Work order -> Would you output the entries below only from the line containing "#[cfg(test)]" through the line containing "joins(text, 4);", exactly as they stand and with both ends included?

[Opening Input data section]

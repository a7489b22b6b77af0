//! Whether a loop stands inside several ways back of one loop: edges of different marks that go
//! back to one location.

ghost use Rattle.std.specs.Prelude.{◌≡◌, ◌↔◌, IsTrue, IfOk, map};
ghost use Rattle.std.specs.List.{list_any};
ghost use Rattle.base_notes.specs.EdgeOf.{edge_of};
ghost use Rattle.flow_graph.specs.Taken.{is_among};
ghost use Rattle.check_deck.specs.FindingsOf.{IsInsideIn};
ghost use Rattle.check_deck.specs.KnownInside.{AreKnown};
ghost use Rattle.check_deck.specs.Insides.{AreHeads, HasSeveralWays, IsRound};

use crate::nested::is_round;
use crate::nesting::Nesting;
use base_notes::{Edge, Edges};
use base_words::Location;
use std::alloc::{AllocError, Global};

/// Where those of some edges go back to inside whose loop that of a mark stands.
fn heads_round(
    alloc: Global,
    nesting: &Nesting<'_>,
    edges: &[Edge],
    mark: &[Edge],
) -> Result<Vec<Location>, AllocError>
    requires { AreKnown nesting.now }
    ensures { IfOk result (λ heads. AreHeads
        (IsRound (IsInsideIn nesting.now.flow.now) (map edge_of mark.now))
        (map edge_of edges.now) (map (λ head. head.number) heads.items)) }
{
    let mut heads = Vec::new(alloc);
    for outer in edges {
        if !is_round(alloc, nesting, *outer, mark)? {
            continue;
        }
        heads.push(outer.onto)?;
    }
    Ok(heads)
}

/// Whether this is one of some locations.
pub fn is_one_of(places: &[Location], place: Location) -> bool
    ensures { result ≡ is_among (map (λ one. one.number) places.now) place.number }
{
    for one in places {
        if one.number() == place.number() {
            return true;
        }
    }
    false
}

/// Whether some location is one of these, and one of those.
fn have_common(these: &[Location], those: &[Location]) -> bool
    ensures { result ≡ list_any (is_among (map (λ one. one.number) these.now))
        (map (λ one. one.number) those.now) }
{
    for place in those {
        if is_one_of(these, *place) {
            return true;
        }
    }
    false
}

/// Whether the loop of a mark stands inside loops of two of these marks that go back to one
/// location.
pub fn has_several_ways(
    alloc: Global,
    nesting: &Nesting<'_>,
    marks: &[Edges],
    mark: &[Edge],
) -> Result<bool, AllocError>
    requires { AreKnown nesting.now }
    ensures { IfOk result (λ several. IsTrue several ↔ HasSeveralWays
        (IsRound (IsInsideIn nesting.now.flow.now) (map edge_of mark.now)) marks.now) }
{
    let mut seen = Vec::new(alloc);
    for other in marks {
        let heads = heads_round(alloc, nesting, other.all(), mark)?;
        if have_common(&seen, &heads) {
            return Ok(true);
        }
        seen.extend_from_slice(&heads)?;
    }
    Ok(false)
}
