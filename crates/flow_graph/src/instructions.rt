//! The instructions that are allowed at a location, one after the other.

ghost use Rattle.std.specs.Prelude.{◌≡◌, [], flat_map, option_to_list};
ghost use Rattle.std.specs.Iterator.{YieldsFirst, item_count};
ghost use Rattle.read_decks.specs.InDeck.{loads_in};
ghost use Rattle.base_notes.specs.Allowed as allowed;
ghost use Rattle.flow_graph.specs.Instructions.{instructions_left, listed_from};

use base_notes::{Notes, Pattern};
use base_words::{Instruction, Location};
use read_decks::Deck;

/// The instructions that are allowed at a location, in order: the deck's, if it loads the location,
/// and then those of each pattern, D ascending.
#[derive(Clone, Copy)]
pub struct Instructions<'a> {
    loaded: Option<Instruction>,
    patterns: &'a [Pattern],
    place: usize,
}

impl<'a> Instructions<'a> {
    /// The instructions that are allowed at the location.
    pub fn at(deck: &Deck, notes: &'a Notes, location: Location) -> Instructions<'a>
        ensures { instructions_left result
            ≡ allowed.allowed (loads_in deck.now) notes.now location.number }
    {
        Instructions {
            loaded: loaded(deck, location),
            patterns: listed(notes, location),
            place: 0,
        }
    }

    /// No instruction.
    pub fn none() -> Instructions<'a>
        ensures { instructions_left result ≡ [] }
    {
        Instructions {
            loaded: None,
            patterns: &[],
            place: 0,
        }
    }

    /// The next instruction of the patterns.
    fn next_listed(&mut self) -> Option<Instruction>
        ensures first { YieldsFirst (λ left. listed_from left.place left.patterns.now)
            self.old result self.new }
        ensures loaded { self.new.loaded ≡ self.old.loaded }
    {
        while let [pattern, others @ ..] = self.patterns {
            if let Some(instruction) = pattern.at(self.place) {
                self.place += 1;
                return Some(instruction);
            }
            self.patterns = others;
            self.place = 0;
        }
        None
    }
}

/// The instruction that the deck loads into the location.
pub fn loaded(deck: &Deck, location: Location) -> Option<Instruction>
    ensures { option_to_list result ≡ allowed.loaded (loads_in deck.now location.number) }
{
    match deck.word(location) {
        Some(word) => Some(Instruction::of(word)),
        None => None,
    }
}

/// The patterns of the location, none where it isn't listed.
pub fn listed(notes: &Notes, location: Location) -> &[Pattern]
    ensures { flat_map allowed.matching result.now
        ≡ allowed.listed (allowed.patterns_of notes.now location.number) }
{
    match notes.patterns(location) {
        Some(patterns) => patterns,
        None => &[],
    }
}

impl Iterator for Instructions<'_> {
    type Item = Instruction;

    ghost next_gives = { YieldsFirst instructions_left };

    ghost remaining = { item_count instructions_left };

    fn next(&mut self) -> Option<Instruction> {
        match self.loaded.take() {
            Some(instruction) => Some(instruction),
            None => self.next_listed(),
        }
    }
}
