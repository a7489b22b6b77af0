//! A run, taken in step by step.

use base_notes::Times;
use base_words::Instruction;
use flow_walks::Visit;
use machine_emulator::Step;
use machine_steps::{Way, Why};
use picture_scene::{EdgeCounts, Parts, Shares, Tallies};
use std::alloc::{AllocError, Global};

/// How many hops are kept at most. All others are counted, and no more.
const MOST_KEPT: usize = 1 << 20;

/// The latest moment at which a hop may begin, in word times used.
const LATEST_BEGUN: u64 = (1 << 50) - 1;

/// A run, as far as its steps were taken in.
#[derive(Drop)]
pub struct Run {
    /// The drum's angle when it begins.
    pub angle: u64,
    /// Its first hops.
    pub kept: Vec<Visit>,
    pub tallies: Tallies,
    pub edges: EdgeCounts,
    pub shares: Shares,
    /// The word times that it takes.
    pub time: u128,
}

/// How a step that stops ends.
fn way_of(why: Why) -> Way {
    match why {
        Why::Operand | Why::Card => Way::Early,
        _ => Way::Late,
    }
}

/// A step as a hop, with `begun` word times used before it.
fn hop_of(step: &Step, begun: u64) -> Visit {
    let (place, word, way, used) = match *step {
        Step::Went {
            origin,
            word,
            next,
            used,
            ..
        } => (origin, word, Way::To(next), used),
        Step::Stopped {
            origin,
            word,
            why,
            used,
        } => (origin, word, way_of(why), used),
    };
    Visit {
        place,
        instruction: Instruction::of(word),
        way,
        took: u32::try_from(used.saturating_sub(begun)).unwrap_or(u32::MAX),
        begun: begun.min(LATEST_BEGUN),
    }
}

impl Run {
    /// A run before its first step, on a drum at this angle.
    ///
    /// # Errors
    ///
    /// [`AllocError`] where there is no memory.
    pub fn new(alloc: Global, angle: u8) -> Result<Run, AllocError> {
        Ok(Run {
            angle: u64::from(angle),
            kept: Vec::new(alloc),
            tallies: Tallies::new(alloc)?,
            edges: EdgeCounts::new(alloc),
            shares: Shares::NONE,
            time: 0,
        })
    }

    /// Takes in the next step, with `begun` word times used before it.
    ///
    /// # Errors
    ///
    /// [`AllocError`] where there is no memory.
    pub fn take(&mut self, step: &Step, begun: u64, times: &Times) -> Result<(), AllocError> {
        let visit = hop_of(step, begun);
        self.tallies.count(&visit, 1);
        self.edges.count(&visit)?;
        self.shares = self.shares.with(Parts::of(&visit, self.angle, times), 1);
        self.time = self.time.saturating_add(u128::from(visit.took));
        if self.kept.len() < MOST_KEPT {
            self.kept.push(visit)?;
        }
        Ok(())
    }
}
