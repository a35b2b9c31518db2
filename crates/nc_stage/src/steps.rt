//! The lines of a scene that run nothing.

use crate::clouds::{NONE, all_clouds, arranged, fill, object, place, place_frame, width_of};
use crate::player::{Stage, fate_of};
use crate::value::{bytes_of, piece_bytes};
use nc_name::read_key;
use std::test::Fail;

impl Stage {
    /// Sets how the next run is made, and tells whether these words say that.
    pub fn prepare(&mut self, words: &[&str]) -> Result<bool, Fail> {
        match *words {
            ["clouds", count] => *self = Stage::new(self.alloc, count.parse()?)?,
            ["reads", "up", "to", most] => self.next.reads_up_to = most.parse()?,
            ["read", nth, "fails"] => self.next.failing_read = nth.parse()?,
            ["writes", "up", "to", most] => self.next.writes_up_to = most.parse()?,
            ["write", nth, "fails"] => self.next.failing_write = nth.parse()?,
            ["tells", "up", "to", most] => self.next.tells_up_to = most.parse()?,
            ["tell", nth, "fails"] => self.next.failing_tell = nth.parse()?,
            ["entry", nth, "fails", "leaving", fate] => {
                self.failing = (nth.parse()?, fate_of(fate)?);
            }
            _ => return Ok(false),
        }
        Ok(true)
    }

    /// Changes the clouds, and tells whether these words say that.
    pub fn change(&mut self, words: &[&str]) -> Result<bool, Fail> {
        match *words {
            ["rotate"] => self.rotate()?,
            ["lose", cloud] => self.clouds = self.without(cloud.parse()?, NONE)?,
            ["lose", cloud, key] => self.lose(cloud.parse()?, key)?,
            ["cut", cloud, key] => self.cut(cloud.parse()?, key)?,
            ["copy", from, key, "to", to] => self.copy_object(from.parse()?, key, to.parse()?)?,
            _ => return self.plant(words),
        }
        Ok(true)
    }

    /// Places objects, and tells whether these words say that.
    fn plant(&mut self, words: &[&str]) -> Result<bool, Fail> {
        match *words {
            ["raw", cloud, key, ref pieces @ ..] => {
                let key = read_key(key).ok_or("no key")?;
                let bytes = bytes_of(self.alloc, pieces)?;
                place(&mut self.clouds, cloud.parse()?, &key, bytes.as_slice())?;
            }
            ["seal", "each", key, ref payloads @ ..] => {
                for (cloud, payload) in (0_u8..255).zip(payloads) {
                    self.seal(cloud, cloud, self.width(), key, payload)?;
                }
            }
            ["seal", "all", key, payload] => {
                for cloud in 0..self.width() {
                    self.seal(cloud, cloud, self.width(), key, payload)?;
                }
            }
            ["seal", cloud, "as", said, "of", width, key, payload] => {
                self.seal(cloud.parse()?, said.parse()?, width.parse()?, key, payload)?;
            }
            ["seal", cloud, key, payload] => {
                let cloud = cloud.parse()?;
                self.seal(cloud, cloud, self.width(), key, payload)?;
            }
            _ => return Ok(false),
        }
        Ok(true)
    }

    /// Places the frame of a payload on a cloud, made for a cloud of so many.
    fn seal(
        &mut self,
        cloud: u8,
        said: u8,
        width: u8,
        key: &str,
        payload: &str,
    ) -> Result<(), Fail> {
        let payload = piece_bytes(self.alloc, payload)?;
        place_frame(
            self.alloc,
            &mut self.clouds,
            cloud,
            (said, width),
            key,
            payload.as_slice(),
        )
    }

    fn rotate(&mut self) -> Result<(), Fail> {
        let mut order = all_clouds(self.alloc, &self.clouds)?;
        order.push(0)?;
        let rest = order.as_slice().get(1..).ok_or("no cloud")?;
        self.clouds = arranged(self.alloc, &self.clouds, &self.keys, rest)?;
        Ok(())
    }

    /// An object of a cloud is gone.
    fn lose(&mut self, cloud: u8, text: &str) -> Result<(), Fail> {
        let key = read_key(text).ok_or("no key")?;
        let mut rest = self.without(cloud, NONE)?;
        fill(
            &mut rest,
            cloud,
            &self.clouds,
            cloud,
            &self.keys,
            Some(&key),
        )?;
        self.clouds = rest;
        Ok(())
    }

    /// The last byte of an object is gone.
    fn cut(&mut self, cloud: u8, text: &str) -> Result<(), Fail> {
        let key = read_key(text).ok_or("no key")?;
        let mut bytes = Vec::new(self.alloc);
        bytes.extend_from_slice(object(&self.clouds, cloud, text)?)?;
        bytes.pop();
        place(&mut self.clouds, cloud, &key, bytes.as_slice())
    }

    /// An object of a cloud stands on another as well.
    fn copy_object(&mut self, from: u8, text: &str, to: u8) -> Result<(), Fail> {
        let key = read_key(text).ok_or("no key")?;
        let mut bytes = Vec::new(self.alloc);
        bytes.extend_from_slice(object(&self.clouds, from, text)?)?;
        place(&mut self.clouds, to, &key, bytes.as_slice())
    }

    /// The number of clouds, as a number of a frame.
    pub fn width(&self) -> u8 {
        width_of(&self.clouds)
    }
}
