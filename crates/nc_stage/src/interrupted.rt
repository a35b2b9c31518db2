//! A command that is interrupted at each of its entries in turn, and then done once more; and one that stops in its rounds.

use crate::clouds::{all_clouds, arranged, image_of};
use crate::ending::{End, check_answer, check_end, end_of};
use crate::player::{FATES, Stage, fates_of};
use crate::running::Setup;
use nc_memory::MemFleet;
use std::test::Fail;
use std::thread::Threads;

impl Stage {
    /// Interrupts a command, or stops it, and runs words on what that leaves.
    pub fn perform_interrupted<R: Threads + Sync + AllocGlobal>(
        &self,
        rt: &R,
        how: &str,
        words: &str,
        end: &End<'_>,
    ) -> Result<(), Fail> {
        if let Some((command, rounds)) = how.split_once(" stops in rounds ") {
            let setup = self.setup_of(command)?;
            return self.run_stopped(rt, &setup, command, rounds, words, end);
        }
        if let Some((command, range)) = how.split_once(" stops at ") {
            return self.run_interrupted(rt, command, true, range, words, end);
        }
        let (command, range) = how.split_once(" bears ").ok_or("no such run")?;
        self.run_interrupted(rt, command, false, range, words, end)
    }

    /// A command fails by a cloud, or is Ok, wherever one of its entries of a range fails, in each of the ways. On what it leaves,
    /// other words end as they must. Then the command done once more is Ok, a scrub tells nothing, and the words end so again.
    fn run_interrupted<R: Threads + Sync + AllocGlobal>(
        &self,
        rt: &R,
        command: &str,
        fails: bool,
        range: &str,
        words: &str,
        end: &End<'_>,
    ) -> Result<(), Fail> {
        let (first, last) = range.split_once(" to ").ok_or("no range")?;
        let first: u64 = first.parse()?;
        let last: u64 = last.parse()?;
        let setup = Setup::new(Vec::new(self.alloc));
        for entry in first..last.saturating_add(1) {
            for fate in FATES.iter() {
                let mut clouds = self.copy()?;
                clouds.refuse(entry, *fate)?;
                let outcome = setup.run(rt, &mut clouds, command)?;
                check_interrupted(outcome.answer.as_str(), fails)?;
                self.check_left(rt, &clouds, command, words, end)?;
            }
        }
        Ok(())
    }

    /// On these clouds the words end so; the command is Ok, a scrub tells nothing then, and the words end so again.
    fn check_left<R: Threads + Sync + AllocGlobal>(
        &self,
        rt: &R,
        left: &MemFleet,
        command: &str,
        words: &str,
        end: &End<'_>,
    ) -> Result<(), Fail> {
        let setup = Setup::new(Vec::new(self.alloc));
        let order = all_clouds(self.alloc, left)?;
        let mut clouds = arranged(self.alloc, left, &self.keys, order.as_slice())?;
        check_end(self.alloc, &setup.run(rt, &mut clouds, words)?, end)?;
        let again = setup.run(rt, &mut clouds, command)?;
        check_answer(again.answer.as_str(), "0 Ok")?;
        check_end(
            self.alloc,
            &setup.run(rt, &mut clouds, "scrub")?,
            &end_of("0 Ok"),
        )?;
        check_end(self.alloc, &setup.run(rt, &mut clouds, words)?, end)
    }

    /// A command stops in each of these rounds, with its entries in these fates. On what each stop leaves the words end as they
    /// must, and so again once the names are settled.
    fn run_stopped<R: Threads + Sync + AllocGlobal>(
        &self,
        rt: &R,
        setup: &Setup,
        command: &str,
        rounds: &str,
        words: &str,
        end: &End<'_>,
    ) -> Result<(), Fail> {
        let (rounds, fates) = rounds.split_once(" leaving ").ok_or("no fates")?;
        let (first, last) = rounds.split_once(" to ").ok_or("no range")?;
        let first: u64 = first.parse()?;
        let last: u64 = last.parse()?;
        let fates = fates_of(self.alloc, fates)?;
        let mut done = self.copy()?;
        setup.run(rt, &mut done, command)?;
        for round in first..last.saturating_add(1) {
            let image = image_of(&done, round, fates.as_slice())?;
            self.check_settled(rt, image, words, end)?;
        }
        Ok(())
    }

    /// On these clouds the words end so, and so again once a recover settled the names.
    fn check_settled<R: Threads + Sync + AllocGlobal>(
        &self,
        rt: &R,
        mut clouds: MemFleet,
        words: &str,
        end: &End<'_>,
    ) -> Result<(), Fail> {
        let setup = Setup::new(Vec::new(self.alloc));
        check_end(self.alloc, &setup.run(rt, &mut clouds, words)?, end)?;
        let settled = setup.run(rt, &mut clouds, "recover")?;
        check_answer(settled.answer.as_str(), "0 Ok")?;
        check_end(self.alloc, &setup.run(rt, &mut clouds, words)?, end)
    }
}

/// A run ended by a cloud that failed, or Ok.
fn check_interrupted(found: &str, fails: bool) -> Result<(), Fail> {
    if fails && found.starts_with("4 ") && found.ends_with(" failed") {
        return Ok(());
    }
    if !fails && found == "0 Ok" {
        return Ok(());
    }
    Err(Fail::new(format_args!("it ended with: {found}")))
}
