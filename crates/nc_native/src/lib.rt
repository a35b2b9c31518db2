//! Cutting a file into native chunks, lending them where they stand in it, and joining them.
#![tactic(auto)]

mod cutting;
mod joining;
mod lending;

pub use cutting::{chunk_size, cut};
pub use joining::{join, joins};
pub use lending::{lend_natives, tail_of};
use nc_name::{Blob, Sequence};

/// Native chunks in order.
pub type Natives = Sequence<Blob>;

#[cfg(test)]
mod tests {
    use super::*;
    use std::alloc::Global;
    use std::process::Abort;
    use std::test::Fail;

    fn cuts_and_joins(
        rt: &impl Abort,
        alloc: Global,
        text: &[u8],
        wanted: [&[u8]; 4],
    ) -> Result<(), Fail> {
        let natives = cut(alloc, text, 4)?;
        for (native, want) in natives.items().iter().zip(wanted) {
            assert_eq!(rt; native.bytes(), want);
        }
        joins(text, 4);
        let back = join(alloc, &natives, text.len() as u64)?;
        assert_eq!(rt; back.bytes(), text);
        Ok(())
    }

    #[test]
    fn four_natives_share_eight_bytes(rt: HostRuntime) -> Result<(), Fail> {
        cuts_and_joins(&rt, rt.alloc(), b"abcdefgh", [b"ab", b"cd", b"ef", b"gh"])
    }

    #[test]
    fn a_zero_fills_up_the_last_native(rt: HostRuntime) -> Result<(), Fail> {
        cuts_and_joins(&rt, rt.alloc(), b"abcdefg", [b"ab", b"cd", b"ef", b"g\0"])
    }

    #[test]
    fn an_empty_file_has_empty_natives(rt: HostRuntime) -> Result<(), Fail> {
        cuts_and_joins(&rt, rt.alloc(), b"", [b"", b"", b"", b""])
    }

    /// The natives of a text, of which so many at the end don't lie in it.
    fn lends(
        rt: &impl Abort,
        alloc: Global,
        text: &[u8],
        wanted: [&[u8]; 4],
        behind: usize,
    ) -> Result<(), Fail> {
        let tail = tail_of(alloc, text, 4)?;
        assert_eq!(rt; tail.items().len(), behind);
        let natives = lend_natives(alloc, text, 4, &tail)?;
        assert_eq!(rt; natives.len(), 4);
        for (native, want) in natives.iter().zip(wanted) {
            assert_eq!(rt; *native, want);
        }
        Ok(())
    }

    #[test]
    fn eight_bytes_are_lent_as_they_stand(rt: HostRuntime) -> Result<(), Fail> {
        lends(
            &rt,
            rt.alloc(),
            b"abcdefgh",
            [b"ab", b"cd", b"ef", b"gh"],
            0,
        )
    }

    #[test]
    fn the_last_of_seven_bytes_is_copied(rt: HostRuntime) -> Result<(), Fail> {
        lends(
            &rt,
            rt.alloc(),
            b"abcdefg",
            [b"ab", b"cd", b"ef", b"g\0"],
            1,
        )
    }

    #[test]
    fn one_byte_is_lent_before_zeros(rt: HostRuntime) -> Result<(), Fail> {
        lends(&rt, rt.alloc(), b"a", [b"a", b"\0", b"\0", b"\0"], 3)
    }

    #[test]
    fn of_an_empty_file_nothing_is_lent(rt: HostRuntime) -> Result<(), Fail> {
        lends(&rt, rt.alloc(), b"", [b"", b"", b"", b""], 4)
    }

    #[test]
    fn one_byte_is_lent_at_width_ten(rt: HostRuntime) -> Result<(), Fail> {
        let tail = tail_of(rt.alloc(), b"Z", 10)?;
        assert_eq!(rt; tail.items().len(), 15);
        let natives = lend_natives(rt.alloc(), b"Z", 10, &tail)?;
        assert_eq!(rt; natives.len(), 16);
        assert_eq!(rt; natives[0], b"Z".as_slice());
        assert_eq!(rt; natives[15], b"\0".as_slice());
        Ok(())
    }

    #[test]
    fn chunks_of_a_file(rt: HostRuntime) {
        assert_eq!(rt; chunk_size(3_000_000, 4), 750_000);
        assert_eq!(rt; chunk_size(1, 10), 1);
    }

    #[test]
    fn a_native_is_put_at_the_end(rt: HostRuntime) -> Result<(), Fail> {
        let mut natives = Natives::new(rt.alloc());
        natives.push(nc_name::Blob::from_slice(rt.alloc(), b"ab")?)?;
        assert_eq!(rt; natives.items().len(), 1);
        Ok(())
    }
}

[Closing Input data section]

Exercise output ->
#[cfg(test)]
mod tests {
    use super::*;
    use std::alloc::Global;
    use std::process::Abort;
    use std::test::Fail;

    fn cuts_and_joins(
        rt: &impl Abort,
        alloc: Global,
        text: &[u8],
        wanted: [&[u8]; 4],
    ) -> Result<(), Fail> {
        let natives = cut(alloc, text, 4)?;
        for (native, want) in natives.items().iter().zip(wanted) {
            assert_eq!(rt; native.bytes(), want);
        }
        joins(text, 4);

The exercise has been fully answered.